In the data below, find each line that contains the word "behind" and copy it.

*** Opening Task input ***

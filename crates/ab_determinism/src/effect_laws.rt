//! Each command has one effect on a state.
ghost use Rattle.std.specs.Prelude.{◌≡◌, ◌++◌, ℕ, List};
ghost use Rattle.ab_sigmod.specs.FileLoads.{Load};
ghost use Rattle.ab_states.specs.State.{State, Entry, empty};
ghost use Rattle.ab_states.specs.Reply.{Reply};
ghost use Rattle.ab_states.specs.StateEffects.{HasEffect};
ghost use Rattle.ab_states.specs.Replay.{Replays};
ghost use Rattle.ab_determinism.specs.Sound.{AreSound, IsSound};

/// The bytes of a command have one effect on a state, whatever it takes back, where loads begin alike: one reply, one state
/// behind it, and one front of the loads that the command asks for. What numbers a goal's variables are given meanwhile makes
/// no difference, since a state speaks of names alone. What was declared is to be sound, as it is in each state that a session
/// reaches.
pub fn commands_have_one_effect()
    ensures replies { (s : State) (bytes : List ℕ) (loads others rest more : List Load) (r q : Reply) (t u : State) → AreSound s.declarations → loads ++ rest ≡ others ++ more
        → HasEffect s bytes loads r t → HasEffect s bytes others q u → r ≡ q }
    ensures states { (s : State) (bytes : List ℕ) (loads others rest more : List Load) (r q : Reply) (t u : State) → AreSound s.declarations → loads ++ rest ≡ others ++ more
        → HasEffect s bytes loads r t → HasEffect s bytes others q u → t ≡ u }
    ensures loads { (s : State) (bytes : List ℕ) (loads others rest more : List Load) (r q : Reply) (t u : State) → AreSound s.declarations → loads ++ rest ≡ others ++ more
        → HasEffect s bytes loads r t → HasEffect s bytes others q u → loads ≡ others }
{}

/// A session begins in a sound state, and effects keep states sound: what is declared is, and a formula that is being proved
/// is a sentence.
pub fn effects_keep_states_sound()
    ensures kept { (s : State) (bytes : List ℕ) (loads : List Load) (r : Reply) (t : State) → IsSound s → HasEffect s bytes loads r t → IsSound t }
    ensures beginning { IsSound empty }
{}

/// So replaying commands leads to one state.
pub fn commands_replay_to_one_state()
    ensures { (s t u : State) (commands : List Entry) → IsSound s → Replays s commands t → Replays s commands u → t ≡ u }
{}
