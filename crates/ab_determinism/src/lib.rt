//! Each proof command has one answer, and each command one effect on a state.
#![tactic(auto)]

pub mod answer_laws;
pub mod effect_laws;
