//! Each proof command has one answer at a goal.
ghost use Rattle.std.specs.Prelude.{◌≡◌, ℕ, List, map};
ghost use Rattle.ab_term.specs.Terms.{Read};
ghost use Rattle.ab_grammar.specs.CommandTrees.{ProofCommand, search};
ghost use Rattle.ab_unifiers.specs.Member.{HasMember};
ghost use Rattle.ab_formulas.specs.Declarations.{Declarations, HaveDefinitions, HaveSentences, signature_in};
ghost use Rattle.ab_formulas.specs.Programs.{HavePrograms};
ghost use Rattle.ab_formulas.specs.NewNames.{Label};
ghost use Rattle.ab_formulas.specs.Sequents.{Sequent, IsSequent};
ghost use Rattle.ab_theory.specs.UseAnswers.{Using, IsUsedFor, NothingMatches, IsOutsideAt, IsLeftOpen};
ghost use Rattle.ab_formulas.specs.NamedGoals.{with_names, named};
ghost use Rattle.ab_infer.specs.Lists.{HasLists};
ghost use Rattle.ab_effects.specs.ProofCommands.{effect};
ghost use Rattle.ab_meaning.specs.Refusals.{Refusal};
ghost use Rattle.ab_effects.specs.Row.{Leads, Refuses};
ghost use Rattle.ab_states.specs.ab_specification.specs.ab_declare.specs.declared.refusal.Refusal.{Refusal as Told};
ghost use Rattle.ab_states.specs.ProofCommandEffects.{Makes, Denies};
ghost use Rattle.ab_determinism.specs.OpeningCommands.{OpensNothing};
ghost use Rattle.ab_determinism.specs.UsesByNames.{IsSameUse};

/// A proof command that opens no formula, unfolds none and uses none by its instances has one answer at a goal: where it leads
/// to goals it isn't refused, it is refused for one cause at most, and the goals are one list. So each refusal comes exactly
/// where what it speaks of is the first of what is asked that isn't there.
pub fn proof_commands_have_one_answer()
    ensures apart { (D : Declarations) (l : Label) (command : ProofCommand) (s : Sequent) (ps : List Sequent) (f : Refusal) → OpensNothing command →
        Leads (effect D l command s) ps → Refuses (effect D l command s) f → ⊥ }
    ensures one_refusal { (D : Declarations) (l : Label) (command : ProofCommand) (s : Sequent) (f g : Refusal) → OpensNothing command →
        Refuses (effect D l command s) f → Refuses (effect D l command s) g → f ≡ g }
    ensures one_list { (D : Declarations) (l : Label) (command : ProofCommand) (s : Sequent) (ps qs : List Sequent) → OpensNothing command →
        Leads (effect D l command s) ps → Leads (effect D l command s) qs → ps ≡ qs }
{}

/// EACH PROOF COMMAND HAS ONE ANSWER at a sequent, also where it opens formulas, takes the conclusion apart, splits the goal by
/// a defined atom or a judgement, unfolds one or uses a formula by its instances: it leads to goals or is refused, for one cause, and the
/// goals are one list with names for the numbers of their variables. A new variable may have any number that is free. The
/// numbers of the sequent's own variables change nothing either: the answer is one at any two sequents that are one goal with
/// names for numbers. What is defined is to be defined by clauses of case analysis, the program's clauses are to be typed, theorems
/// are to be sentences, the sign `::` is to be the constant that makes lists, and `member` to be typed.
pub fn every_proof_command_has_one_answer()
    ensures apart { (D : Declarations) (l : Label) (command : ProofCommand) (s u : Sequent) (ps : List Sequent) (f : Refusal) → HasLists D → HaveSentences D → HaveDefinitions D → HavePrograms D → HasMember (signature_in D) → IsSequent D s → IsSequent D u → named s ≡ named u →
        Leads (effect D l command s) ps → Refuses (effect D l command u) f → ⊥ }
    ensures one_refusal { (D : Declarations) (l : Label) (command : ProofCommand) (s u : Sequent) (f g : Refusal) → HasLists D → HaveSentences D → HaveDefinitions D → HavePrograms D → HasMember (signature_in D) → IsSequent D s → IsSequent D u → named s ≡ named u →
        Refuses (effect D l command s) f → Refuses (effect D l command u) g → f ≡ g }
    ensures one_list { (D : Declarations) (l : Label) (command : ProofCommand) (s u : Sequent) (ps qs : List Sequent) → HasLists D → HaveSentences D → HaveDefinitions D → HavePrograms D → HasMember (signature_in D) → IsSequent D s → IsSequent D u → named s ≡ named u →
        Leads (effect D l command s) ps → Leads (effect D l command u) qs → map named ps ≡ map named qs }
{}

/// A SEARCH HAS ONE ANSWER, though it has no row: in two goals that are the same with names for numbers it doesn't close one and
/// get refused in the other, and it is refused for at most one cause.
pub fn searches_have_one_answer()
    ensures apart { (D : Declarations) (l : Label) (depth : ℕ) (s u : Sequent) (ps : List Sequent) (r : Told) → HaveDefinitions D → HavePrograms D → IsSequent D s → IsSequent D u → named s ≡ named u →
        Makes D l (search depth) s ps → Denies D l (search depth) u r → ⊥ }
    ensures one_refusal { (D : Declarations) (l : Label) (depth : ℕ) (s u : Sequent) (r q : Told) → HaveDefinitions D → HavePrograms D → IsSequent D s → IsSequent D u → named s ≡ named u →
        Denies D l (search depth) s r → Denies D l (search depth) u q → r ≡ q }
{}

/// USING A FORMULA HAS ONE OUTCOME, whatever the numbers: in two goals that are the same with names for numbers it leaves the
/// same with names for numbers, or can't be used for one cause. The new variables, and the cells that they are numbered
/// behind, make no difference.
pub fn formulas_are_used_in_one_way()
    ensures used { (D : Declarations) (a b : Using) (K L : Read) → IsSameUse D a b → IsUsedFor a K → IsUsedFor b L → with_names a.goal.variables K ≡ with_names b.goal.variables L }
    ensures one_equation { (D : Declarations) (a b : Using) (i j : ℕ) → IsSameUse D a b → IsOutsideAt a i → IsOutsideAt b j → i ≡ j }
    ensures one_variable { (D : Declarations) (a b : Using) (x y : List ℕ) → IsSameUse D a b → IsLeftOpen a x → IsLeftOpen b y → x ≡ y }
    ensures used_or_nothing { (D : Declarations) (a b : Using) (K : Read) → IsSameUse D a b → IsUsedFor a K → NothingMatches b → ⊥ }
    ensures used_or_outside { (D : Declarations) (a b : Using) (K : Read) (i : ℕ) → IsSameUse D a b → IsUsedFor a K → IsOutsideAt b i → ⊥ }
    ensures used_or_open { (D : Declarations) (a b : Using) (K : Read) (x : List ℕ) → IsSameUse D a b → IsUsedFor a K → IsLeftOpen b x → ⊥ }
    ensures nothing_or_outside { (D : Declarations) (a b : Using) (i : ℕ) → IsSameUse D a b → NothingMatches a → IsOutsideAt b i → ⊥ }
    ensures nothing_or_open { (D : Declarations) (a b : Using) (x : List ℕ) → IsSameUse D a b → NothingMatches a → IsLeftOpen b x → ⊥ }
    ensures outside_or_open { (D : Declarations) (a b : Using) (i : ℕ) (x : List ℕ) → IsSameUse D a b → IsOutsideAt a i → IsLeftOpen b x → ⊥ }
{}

*** Closing Task input ***

### Answer for this exercise
/// behind it, and one front of the loads that the command asks for. What numbers a goal's variables are given meanwhile makes
/// behind, make no difference.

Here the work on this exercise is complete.